RANK ligand converts the NCoR/HDAC3 co-repressor to a PGC1β- and RNA-dependent co-activator of osteoclast gene expression [ChIP-seq]. RANK ligand converts the NCoR/HDAC3 co-repressor to a PGC1β- and RNA-dependent co-activator of osteoclast gene expression [ChIP-seq]

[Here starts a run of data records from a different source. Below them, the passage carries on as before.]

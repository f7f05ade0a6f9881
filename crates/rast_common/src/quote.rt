//! Texts as the programs print them.
ghost use Rattle.std.specs.Prelude.{◌≡◌, ◌<◌, ◌++◌, OnOk, string_bytes, chars};
ghost use Rattle.rast_common.specs.Quote.{hex_digit, hex_digits, escaped, quoted};

use std::alloc::AllocError;

/// A hexadecimal digit, in lower case.
pub fn hex_digit(n: u8) -> char
    requires { n < 16 }
    ensures { result ≡ hex_digit n }
{
    if n < 10 {
        (b'0' + n) as char
    } else {
        (b'a' + (n - 10)) as char
    }
}

/// Adds the number's hexadecimal digits.
fn push_hex(out: &mut String, n: u8) -> Result<(), AllocError>
    ensures { OnOk result (string_bytes out.new ≡ string_bytes out.old ++ hex_digits n) }
{
    if n >= 16 {
        out.push(hex_digit(n / 16))?;
    }
    out.push(hex_digit(n % 16))?;
    Ok(())
}

/// Adds the character as it is written between quotes.
fn push_escaped(out: &mut String, c: char) -> Result<(), AllocError>
    ensures { OnOk result (string_bytes out.new ≡ string_bytes out.old ++ escaped c) }
{
    match c {
        '"' => out.push_str("\\\"")?,
        '\\' => out.push_str("\\\\")?,
        '\n' => out.push_str("\\n")?,
        '\r' => out.push_str("\\r")?,
        '\t' => out.push_str("\\t")?,
        '\0' => out.push_str("\\0")?,
        '\u{1}'..='\u{1f}' | '\u{7f}' => {
            out.push_str("\\u{")?;
            push_hex(out, c as u8)?;
            out.push_str("}")?;
        }
        _ => out.push(c)?,
    }
    Ok(())
}

/// Adds the text in quotes.
///
/// A quote and a backslash are written after a backslash; a line feed, a carriage return, a tab and a zero are
/// letters after a backslash; any other ASCII control character is `\u{h}`; anything else is unchanged.
pub fn push_quoted(out: &mut String, text: &str) -> Result<(), AllocError>
    ensures { OnOk result (string_bytes out.new ≡ string_bytes out.old ++ quoted (chars text.now)) }
{
    out.push_str("\"")?;
    for c in text.chars() {
        push_escaped(out, c)?;
    }
    out.push_str("\"")?;
    Ok(())
}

To investigate the genomic localization of NCoR/HDAC3/PGC1β complex and the enhancer/promoter activity in the regulation of osteoclast differentiation, we used NCoR KO or PGC1β KO bone marrow cells, non-coding RNA Dancr/Rnu12 siRNA knockdown bone marrow cells and FLAG-tagged PGC1β RNA recognition motif deletion mutant expressed RAW 264.7 cells. We then performed chromatin immunoprecipitation DNA-sequencing (ChIP-seq) for H3K27ac, NCoR, HDAC3, PGC1β, p65, Fosl2, PU.1 and FLAG-tag. Overall design: Genomic localization of NCoR/HDAC3/PGC1β and transcription factors with H3K27 acetylation depending on RANK signal

为探究NCoR/HDAC3/PGC1β复合物的基因组定位，以及其增强子/启动子活性在破骨细胞分化调控中的功能，我们使用了三类实验样本：NCoR敲除（Knockout, KO）或PGC1β敲除（KO）骨髓细胞、经非编码RNA Dancr/Rnu12小干扰RNA（small interfering RNA, siRNA）介导敲低的骨髓细胞，以及转染表达FLAG标记的PGC1β RNA识别基序缺失突变体的RAW 264.7细胞。随后我们针对H3K27ac、NCoR、HDAC3、PGC1β、p65、Fosl2、PU.1以及FLAG标签开展了染色质免疫沉淀测序（Chromatin Immunoprecipitation Sequencing, ChIP-seq）。整体实验设计：针对依赖RANK信号的H3K27乙酰化修饰，以及NCoR/HDAC3/PGC1β复合物与转录因子的基因组定位展开研究。